Subject: [Tweeters] Fill today
Date: Dec 29 11:09:02 2011
From: Connie Sidles - constancesidles at gmail.com


Hey tweets, I think I have finally figured out how the Double-crested
Cormorants hang onto the light standards around the baseball diamond
at the Fill. These light standards are mounted on tall poles. They
consist of struts that stick out on straight on either side of the
center pole. Mounted on the struts are several lamps, covered by
shiny, curved reflectors. The cormorants love to perch on these light
standards and do so by the dozen. From what I can tell, the preferred
perches are the struts, which the cormorants grab onto by wrapping
their webbed feet around them. This gives them a secure hold. Even
when the wind blows, as it was doing ferociously yesterday, the
cormorants can hang on, although I think their knuckles were turning
white from the strain (assuming cormorants have knuckles, that is).
The birds swayed back and forth with each gust, like Jacks-in-the-Box
bobbing on springs, but they did not get blown off.

What's a lot harder to figure out is how the cormorants who are
perched on the curved reflectors of the lamps stay on. The reflectors
are smooth, highly polished metallic half-spheres with a surface that
looks as slippery as ice in a hockey rink.
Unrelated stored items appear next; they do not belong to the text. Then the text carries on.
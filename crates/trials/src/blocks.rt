//! Digests of blocks against outside vectors.

use crate::page::Page;
use crate::stopped::{Done, Stopped};
use block_data::*;
use std::alloc::Global;

/// The digest of a payload's block.
fn show_payload(alloc: Global, page: &mut Page, payload: &Payload) -> Done {
    let mut out = BlockBuf::zeroed(alloc)?;
    payload.fill_into(out.bytes_mut());
    page.line(
        "payload",
        hex::encode(alloc, digest(out.bytes()).as_slice())?.as_bytes(),
    );
    Ok(())
}

/// The digest of a payload of the bytes of a block of sevens.
fn show_bytes(alloc: Global, page: &mut Page) -> Done {
    let mut sevens = BlockBuf::zeroed(alloc)?;
    Payload::Fill(7).fill_into(sevens.bytes_mut());
    show_payload(alloc, page, &Payload::Bytes(sevens))
}

/// The digest of two parts.
fn show_parts(alloc: Global, page: &mut Page, first: &[u8], second: &[u8]) -> Done {
    let mut hasher = Hasher::default();
    hasher.add(first);
    hasher.add(second);
    page.line(
        "parts",
        hex::encode(alloc, hasher.finish().as_slice())?.as_bytes(),
    );
    Ok(())
}

/// The digest of the first sector of a block of zeros and of what is behind it.
fn show_sectors(alloc: Global, page: &mut Page) -> Done {
    let zeros = BlockBuf::zeroed(alloc)?;
    let view = BlockView::new(zeros.bytes());
    show_parts(alloc, page, view.sector(0), &view.bytes()[512..])
}

/// Payloads have the digests of their blocks, which are those that coreutils' sha256sum gives for files of these bytes; parts are hashed as
/// if joined: the first two are examples of FIPS 180-4, the last is that of sha256sum for a file of 16,384 zeros.
pub fn show_blocks(alloc: Global, page: &mut Page) -> Done {
    show_payload(alloc, page, &Payload::Fill(0))?;
    show_payload(alloc, page, &Payload::Stamp(1_000_000))?;
    show_bytes(alloc, page)?;
    show_parts(alloc, page, b"", b"")?;
    show_parts(alloc, page, b"ab", b"c")?;
    show_sectors(alloc, page)
}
Yet the cormorants who
stand on them stick on so well they scarcely wave in the breeze. If
their feathers weren't being blown all cattywumpus by the wind, you'd
think the birds were statues mounted onto the lamps with rebar.
Obviously that isn't the case.

My theory is that the cormorants' feet , which look flat as pancakes,
are really convex. When they press them down onto the lamps, they
stick like suction cups. I bet if you were close enough, you could
here the thup! thup! thup! of the cups getting stuck and unstuck when
the birds move around. I suppose with suction cups like that, they
could walk up the sides of buildings if they wanted to.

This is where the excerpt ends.